- Opening Delimiter -

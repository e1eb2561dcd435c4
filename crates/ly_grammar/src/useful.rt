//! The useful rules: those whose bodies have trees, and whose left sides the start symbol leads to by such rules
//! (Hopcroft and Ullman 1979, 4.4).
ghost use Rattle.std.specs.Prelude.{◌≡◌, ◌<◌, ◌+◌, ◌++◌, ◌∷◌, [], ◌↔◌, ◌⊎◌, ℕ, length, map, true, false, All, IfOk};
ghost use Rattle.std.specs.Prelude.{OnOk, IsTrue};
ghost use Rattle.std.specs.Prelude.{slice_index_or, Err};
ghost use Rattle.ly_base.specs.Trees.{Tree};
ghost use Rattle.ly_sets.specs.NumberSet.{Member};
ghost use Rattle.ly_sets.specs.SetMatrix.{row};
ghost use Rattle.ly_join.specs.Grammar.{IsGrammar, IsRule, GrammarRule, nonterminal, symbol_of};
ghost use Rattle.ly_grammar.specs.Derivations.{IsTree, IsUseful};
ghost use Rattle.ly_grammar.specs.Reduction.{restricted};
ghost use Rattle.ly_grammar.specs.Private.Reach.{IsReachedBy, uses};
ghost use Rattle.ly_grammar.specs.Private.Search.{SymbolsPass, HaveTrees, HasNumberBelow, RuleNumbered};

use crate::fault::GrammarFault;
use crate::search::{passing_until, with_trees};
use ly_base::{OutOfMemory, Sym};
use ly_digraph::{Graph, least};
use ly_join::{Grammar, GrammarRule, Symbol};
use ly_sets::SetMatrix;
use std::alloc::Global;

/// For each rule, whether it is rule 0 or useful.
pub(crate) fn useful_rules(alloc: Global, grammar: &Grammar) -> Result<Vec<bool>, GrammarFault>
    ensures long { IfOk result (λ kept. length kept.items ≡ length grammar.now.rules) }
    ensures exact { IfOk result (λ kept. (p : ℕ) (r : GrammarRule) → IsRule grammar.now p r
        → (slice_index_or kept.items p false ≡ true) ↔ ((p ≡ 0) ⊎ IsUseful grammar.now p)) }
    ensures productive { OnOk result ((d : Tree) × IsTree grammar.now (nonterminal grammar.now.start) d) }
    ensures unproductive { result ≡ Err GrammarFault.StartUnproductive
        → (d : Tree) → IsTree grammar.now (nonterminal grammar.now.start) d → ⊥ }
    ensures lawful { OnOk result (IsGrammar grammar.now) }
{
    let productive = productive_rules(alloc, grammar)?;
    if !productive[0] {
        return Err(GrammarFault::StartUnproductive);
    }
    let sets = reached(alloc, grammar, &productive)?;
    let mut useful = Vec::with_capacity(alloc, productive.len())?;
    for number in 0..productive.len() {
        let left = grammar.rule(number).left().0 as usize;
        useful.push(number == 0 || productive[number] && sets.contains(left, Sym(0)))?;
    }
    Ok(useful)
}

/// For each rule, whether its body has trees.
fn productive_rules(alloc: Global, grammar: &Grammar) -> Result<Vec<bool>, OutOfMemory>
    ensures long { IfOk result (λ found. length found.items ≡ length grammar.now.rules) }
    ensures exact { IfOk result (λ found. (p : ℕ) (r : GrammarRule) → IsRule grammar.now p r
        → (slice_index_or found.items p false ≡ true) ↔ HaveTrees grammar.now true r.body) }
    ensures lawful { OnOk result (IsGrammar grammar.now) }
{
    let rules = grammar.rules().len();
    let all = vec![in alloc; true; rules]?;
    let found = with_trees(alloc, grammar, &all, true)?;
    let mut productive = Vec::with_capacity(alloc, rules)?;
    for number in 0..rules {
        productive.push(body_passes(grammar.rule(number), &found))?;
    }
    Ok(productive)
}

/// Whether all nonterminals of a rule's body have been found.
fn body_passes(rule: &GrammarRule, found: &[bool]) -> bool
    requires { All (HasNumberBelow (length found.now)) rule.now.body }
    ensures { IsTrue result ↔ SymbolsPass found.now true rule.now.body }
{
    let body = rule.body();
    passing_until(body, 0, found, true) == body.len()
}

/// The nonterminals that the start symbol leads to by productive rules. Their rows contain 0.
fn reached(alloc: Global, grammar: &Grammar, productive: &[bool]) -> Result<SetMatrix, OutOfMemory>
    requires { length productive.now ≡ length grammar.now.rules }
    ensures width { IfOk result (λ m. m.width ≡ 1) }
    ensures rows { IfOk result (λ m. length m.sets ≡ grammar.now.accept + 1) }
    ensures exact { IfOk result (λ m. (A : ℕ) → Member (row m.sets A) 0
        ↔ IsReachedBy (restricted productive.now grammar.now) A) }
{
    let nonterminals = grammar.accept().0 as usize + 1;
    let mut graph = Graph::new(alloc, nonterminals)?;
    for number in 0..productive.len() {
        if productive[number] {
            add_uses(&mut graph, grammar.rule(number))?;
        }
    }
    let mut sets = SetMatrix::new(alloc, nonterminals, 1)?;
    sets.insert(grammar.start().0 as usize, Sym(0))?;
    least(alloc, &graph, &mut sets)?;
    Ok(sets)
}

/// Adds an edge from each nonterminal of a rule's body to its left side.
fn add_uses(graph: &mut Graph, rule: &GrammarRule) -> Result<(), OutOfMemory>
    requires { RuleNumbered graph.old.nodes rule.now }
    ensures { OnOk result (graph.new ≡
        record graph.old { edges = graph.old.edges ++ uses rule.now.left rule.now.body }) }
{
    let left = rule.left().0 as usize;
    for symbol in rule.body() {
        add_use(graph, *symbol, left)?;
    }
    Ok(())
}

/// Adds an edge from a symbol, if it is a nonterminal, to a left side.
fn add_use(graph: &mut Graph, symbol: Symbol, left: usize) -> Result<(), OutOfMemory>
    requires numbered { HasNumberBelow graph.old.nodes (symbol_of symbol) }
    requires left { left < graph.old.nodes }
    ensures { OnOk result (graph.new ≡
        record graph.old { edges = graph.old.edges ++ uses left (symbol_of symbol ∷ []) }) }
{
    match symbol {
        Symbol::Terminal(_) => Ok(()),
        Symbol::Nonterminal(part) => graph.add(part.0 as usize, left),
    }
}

- Closing Delimiter -
- Opening Delimiter -

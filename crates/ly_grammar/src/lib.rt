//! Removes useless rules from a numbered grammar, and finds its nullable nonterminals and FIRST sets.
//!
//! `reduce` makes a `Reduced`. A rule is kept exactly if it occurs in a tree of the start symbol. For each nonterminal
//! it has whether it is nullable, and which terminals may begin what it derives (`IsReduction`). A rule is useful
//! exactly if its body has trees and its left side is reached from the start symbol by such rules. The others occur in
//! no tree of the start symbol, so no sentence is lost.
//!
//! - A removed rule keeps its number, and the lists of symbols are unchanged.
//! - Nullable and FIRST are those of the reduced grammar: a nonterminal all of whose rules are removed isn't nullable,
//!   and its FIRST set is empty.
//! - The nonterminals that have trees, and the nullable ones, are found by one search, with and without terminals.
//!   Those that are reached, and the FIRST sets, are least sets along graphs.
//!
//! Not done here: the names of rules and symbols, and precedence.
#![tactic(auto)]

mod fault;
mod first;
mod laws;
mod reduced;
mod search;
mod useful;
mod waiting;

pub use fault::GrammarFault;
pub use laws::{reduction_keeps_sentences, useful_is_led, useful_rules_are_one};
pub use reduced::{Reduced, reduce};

- Closing Delimiter -
- Opening Delimiter -

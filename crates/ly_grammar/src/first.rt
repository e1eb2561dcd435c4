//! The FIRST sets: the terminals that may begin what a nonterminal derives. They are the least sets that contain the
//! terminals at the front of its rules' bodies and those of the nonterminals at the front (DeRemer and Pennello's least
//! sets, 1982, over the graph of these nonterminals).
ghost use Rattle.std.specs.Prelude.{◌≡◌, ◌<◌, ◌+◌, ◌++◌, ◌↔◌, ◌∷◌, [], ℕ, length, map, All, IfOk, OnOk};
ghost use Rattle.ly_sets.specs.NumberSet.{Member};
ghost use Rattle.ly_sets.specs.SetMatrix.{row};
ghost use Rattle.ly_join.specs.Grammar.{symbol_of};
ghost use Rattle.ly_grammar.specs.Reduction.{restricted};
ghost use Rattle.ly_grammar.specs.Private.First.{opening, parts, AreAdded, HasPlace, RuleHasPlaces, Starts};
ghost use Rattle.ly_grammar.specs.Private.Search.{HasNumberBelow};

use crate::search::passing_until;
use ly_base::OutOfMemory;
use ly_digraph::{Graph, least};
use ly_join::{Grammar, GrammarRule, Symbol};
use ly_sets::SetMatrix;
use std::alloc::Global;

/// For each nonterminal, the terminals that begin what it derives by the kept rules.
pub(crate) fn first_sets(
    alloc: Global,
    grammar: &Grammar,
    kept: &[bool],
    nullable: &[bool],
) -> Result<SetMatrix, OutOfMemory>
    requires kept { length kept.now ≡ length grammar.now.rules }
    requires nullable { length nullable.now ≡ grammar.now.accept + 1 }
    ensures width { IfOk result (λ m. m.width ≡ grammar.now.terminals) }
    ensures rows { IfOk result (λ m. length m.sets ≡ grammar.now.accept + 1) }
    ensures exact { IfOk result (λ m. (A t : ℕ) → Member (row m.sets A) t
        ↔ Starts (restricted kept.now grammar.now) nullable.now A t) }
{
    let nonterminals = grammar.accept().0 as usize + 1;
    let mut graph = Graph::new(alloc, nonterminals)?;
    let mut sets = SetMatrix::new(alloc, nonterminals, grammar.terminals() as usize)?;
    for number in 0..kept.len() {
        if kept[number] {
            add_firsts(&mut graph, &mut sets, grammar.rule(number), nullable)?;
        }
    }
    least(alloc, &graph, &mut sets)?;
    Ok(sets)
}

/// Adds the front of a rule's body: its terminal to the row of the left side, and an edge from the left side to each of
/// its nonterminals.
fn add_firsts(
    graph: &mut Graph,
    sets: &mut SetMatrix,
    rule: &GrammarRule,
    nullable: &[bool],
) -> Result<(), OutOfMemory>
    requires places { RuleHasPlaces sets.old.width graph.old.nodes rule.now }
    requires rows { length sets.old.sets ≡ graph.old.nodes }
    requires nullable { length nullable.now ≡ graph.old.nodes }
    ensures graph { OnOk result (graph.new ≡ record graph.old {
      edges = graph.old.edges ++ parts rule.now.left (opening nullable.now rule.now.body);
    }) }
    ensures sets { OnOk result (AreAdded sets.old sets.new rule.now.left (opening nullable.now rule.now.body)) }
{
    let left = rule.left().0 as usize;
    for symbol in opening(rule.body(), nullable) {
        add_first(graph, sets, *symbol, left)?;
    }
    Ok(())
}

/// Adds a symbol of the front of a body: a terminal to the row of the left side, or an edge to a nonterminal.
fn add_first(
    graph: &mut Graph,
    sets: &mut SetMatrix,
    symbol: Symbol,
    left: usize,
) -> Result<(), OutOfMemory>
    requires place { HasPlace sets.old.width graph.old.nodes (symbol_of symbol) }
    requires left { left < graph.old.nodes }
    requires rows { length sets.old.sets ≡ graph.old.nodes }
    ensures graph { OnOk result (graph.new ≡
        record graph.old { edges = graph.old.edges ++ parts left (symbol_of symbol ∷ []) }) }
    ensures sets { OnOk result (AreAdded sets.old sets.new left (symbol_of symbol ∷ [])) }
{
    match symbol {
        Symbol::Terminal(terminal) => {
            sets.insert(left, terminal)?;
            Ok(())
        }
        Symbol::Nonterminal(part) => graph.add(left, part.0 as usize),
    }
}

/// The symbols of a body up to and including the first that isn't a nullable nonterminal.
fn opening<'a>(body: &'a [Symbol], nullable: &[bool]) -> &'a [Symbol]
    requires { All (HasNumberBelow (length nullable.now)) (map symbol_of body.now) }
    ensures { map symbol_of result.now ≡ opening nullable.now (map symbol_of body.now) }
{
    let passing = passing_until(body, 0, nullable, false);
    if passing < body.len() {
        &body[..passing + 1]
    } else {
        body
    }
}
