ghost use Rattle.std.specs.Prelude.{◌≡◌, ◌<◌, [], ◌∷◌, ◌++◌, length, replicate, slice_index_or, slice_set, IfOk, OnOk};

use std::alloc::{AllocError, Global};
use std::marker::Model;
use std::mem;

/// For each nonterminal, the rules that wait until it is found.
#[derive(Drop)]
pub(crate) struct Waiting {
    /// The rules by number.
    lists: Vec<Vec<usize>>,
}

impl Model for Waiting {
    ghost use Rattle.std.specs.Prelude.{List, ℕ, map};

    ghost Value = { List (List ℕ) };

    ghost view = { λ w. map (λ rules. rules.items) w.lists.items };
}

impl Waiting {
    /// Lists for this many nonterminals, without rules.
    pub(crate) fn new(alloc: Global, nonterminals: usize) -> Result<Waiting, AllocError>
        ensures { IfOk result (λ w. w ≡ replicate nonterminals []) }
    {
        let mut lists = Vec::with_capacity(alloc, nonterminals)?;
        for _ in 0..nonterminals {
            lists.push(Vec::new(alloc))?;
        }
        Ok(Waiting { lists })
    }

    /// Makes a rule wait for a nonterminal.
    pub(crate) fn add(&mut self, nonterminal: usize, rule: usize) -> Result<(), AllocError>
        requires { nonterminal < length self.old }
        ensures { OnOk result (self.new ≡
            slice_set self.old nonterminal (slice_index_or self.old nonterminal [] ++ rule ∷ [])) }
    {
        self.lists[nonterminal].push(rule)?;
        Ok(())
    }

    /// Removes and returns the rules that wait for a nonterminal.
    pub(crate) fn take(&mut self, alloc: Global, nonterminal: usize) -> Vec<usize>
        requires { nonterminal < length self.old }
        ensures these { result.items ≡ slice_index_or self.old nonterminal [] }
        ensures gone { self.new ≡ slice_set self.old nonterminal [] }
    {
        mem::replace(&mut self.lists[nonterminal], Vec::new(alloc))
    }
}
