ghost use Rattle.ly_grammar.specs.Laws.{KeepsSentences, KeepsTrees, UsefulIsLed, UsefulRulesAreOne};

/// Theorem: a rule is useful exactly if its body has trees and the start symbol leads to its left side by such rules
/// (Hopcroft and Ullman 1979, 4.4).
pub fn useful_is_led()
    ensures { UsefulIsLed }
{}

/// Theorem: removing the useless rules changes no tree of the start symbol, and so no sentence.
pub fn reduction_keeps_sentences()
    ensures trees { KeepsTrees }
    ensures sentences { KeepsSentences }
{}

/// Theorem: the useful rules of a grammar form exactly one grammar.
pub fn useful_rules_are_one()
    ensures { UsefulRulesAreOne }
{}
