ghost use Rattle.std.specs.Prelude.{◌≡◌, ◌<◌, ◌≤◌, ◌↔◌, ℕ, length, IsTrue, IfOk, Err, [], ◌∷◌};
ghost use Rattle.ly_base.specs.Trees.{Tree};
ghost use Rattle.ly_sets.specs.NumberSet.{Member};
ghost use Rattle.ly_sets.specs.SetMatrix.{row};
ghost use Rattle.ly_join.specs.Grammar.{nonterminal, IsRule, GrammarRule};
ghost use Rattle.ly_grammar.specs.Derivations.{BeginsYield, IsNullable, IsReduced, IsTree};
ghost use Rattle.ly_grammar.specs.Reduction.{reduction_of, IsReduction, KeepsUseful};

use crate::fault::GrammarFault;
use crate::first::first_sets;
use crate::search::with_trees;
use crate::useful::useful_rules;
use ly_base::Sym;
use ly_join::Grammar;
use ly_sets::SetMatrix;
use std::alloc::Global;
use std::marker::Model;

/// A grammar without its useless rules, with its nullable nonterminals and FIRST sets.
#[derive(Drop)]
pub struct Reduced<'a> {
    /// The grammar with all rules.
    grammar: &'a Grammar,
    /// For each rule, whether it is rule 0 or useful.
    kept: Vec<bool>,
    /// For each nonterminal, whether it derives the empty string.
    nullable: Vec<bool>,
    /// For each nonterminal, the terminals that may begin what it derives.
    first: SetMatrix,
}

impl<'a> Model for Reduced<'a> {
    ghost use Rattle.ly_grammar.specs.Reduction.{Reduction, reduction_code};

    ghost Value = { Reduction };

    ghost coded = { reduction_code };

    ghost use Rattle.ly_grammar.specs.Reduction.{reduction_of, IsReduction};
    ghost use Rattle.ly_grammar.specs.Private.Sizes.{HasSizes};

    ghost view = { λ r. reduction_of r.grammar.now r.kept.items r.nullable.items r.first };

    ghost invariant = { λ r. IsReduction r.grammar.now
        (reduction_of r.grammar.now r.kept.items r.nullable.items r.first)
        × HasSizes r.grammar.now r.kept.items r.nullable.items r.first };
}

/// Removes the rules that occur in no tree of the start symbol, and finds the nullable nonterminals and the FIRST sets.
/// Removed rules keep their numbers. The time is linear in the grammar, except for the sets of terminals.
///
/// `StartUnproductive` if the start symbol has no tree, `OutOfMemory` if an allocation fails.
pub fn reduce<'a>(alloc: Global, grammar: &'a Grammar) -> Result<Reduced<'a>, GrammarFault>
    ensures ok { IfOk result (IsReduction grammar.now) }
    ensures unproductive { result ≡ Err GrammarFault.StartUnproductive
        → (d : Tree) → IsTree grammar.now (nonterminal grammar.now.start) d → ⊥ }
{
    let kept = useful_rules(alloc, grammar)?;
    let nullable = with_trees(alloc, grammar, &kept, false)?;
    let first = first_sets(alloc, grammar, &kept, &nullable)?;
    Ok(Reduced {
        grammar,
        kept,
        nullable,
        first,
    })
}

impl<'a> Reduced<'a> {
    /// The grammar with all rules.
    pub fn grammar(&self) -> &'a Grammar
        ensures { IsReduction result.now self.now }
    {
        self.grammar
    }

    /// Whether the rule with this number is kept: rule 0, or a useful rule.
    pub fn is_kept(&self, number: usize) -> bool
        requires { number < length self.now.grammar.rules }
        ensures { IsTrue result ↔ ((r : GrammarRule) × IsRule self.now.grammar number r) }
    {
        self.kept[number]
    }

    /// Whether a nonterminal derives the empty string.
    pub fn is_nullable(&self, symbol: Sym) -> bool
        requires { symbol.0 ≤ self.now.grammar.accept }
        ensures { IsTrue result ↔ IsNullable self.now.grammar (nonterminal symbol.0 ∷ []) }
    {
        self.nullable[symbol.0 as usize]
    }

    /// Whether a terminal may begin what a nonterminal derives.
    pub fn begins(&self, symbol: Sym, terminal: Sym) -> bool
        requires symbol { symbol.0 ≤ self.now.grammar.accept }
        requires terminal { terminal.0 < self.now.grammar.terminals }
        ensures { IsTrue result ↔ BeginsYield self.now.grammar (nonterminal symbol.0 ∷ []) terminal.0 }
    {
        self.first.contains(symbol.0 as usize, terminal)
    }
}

- Closing Delimiter -

> Activity: Check every line above for the string "width", and copy the ones that have it.

> Your response:
    ensures width { IfOk result (λ m. m.width ≡ 1) }
    ensures width { IfOk result (λ m. m.width ≡ grammar.now.terminals) }
    requires places { RuleHasPlaces sets.old.width graph.old.nodes rule.now }
    requires place { HasPlace sets.old.width graph.old.nodes (symbol_of symbol) }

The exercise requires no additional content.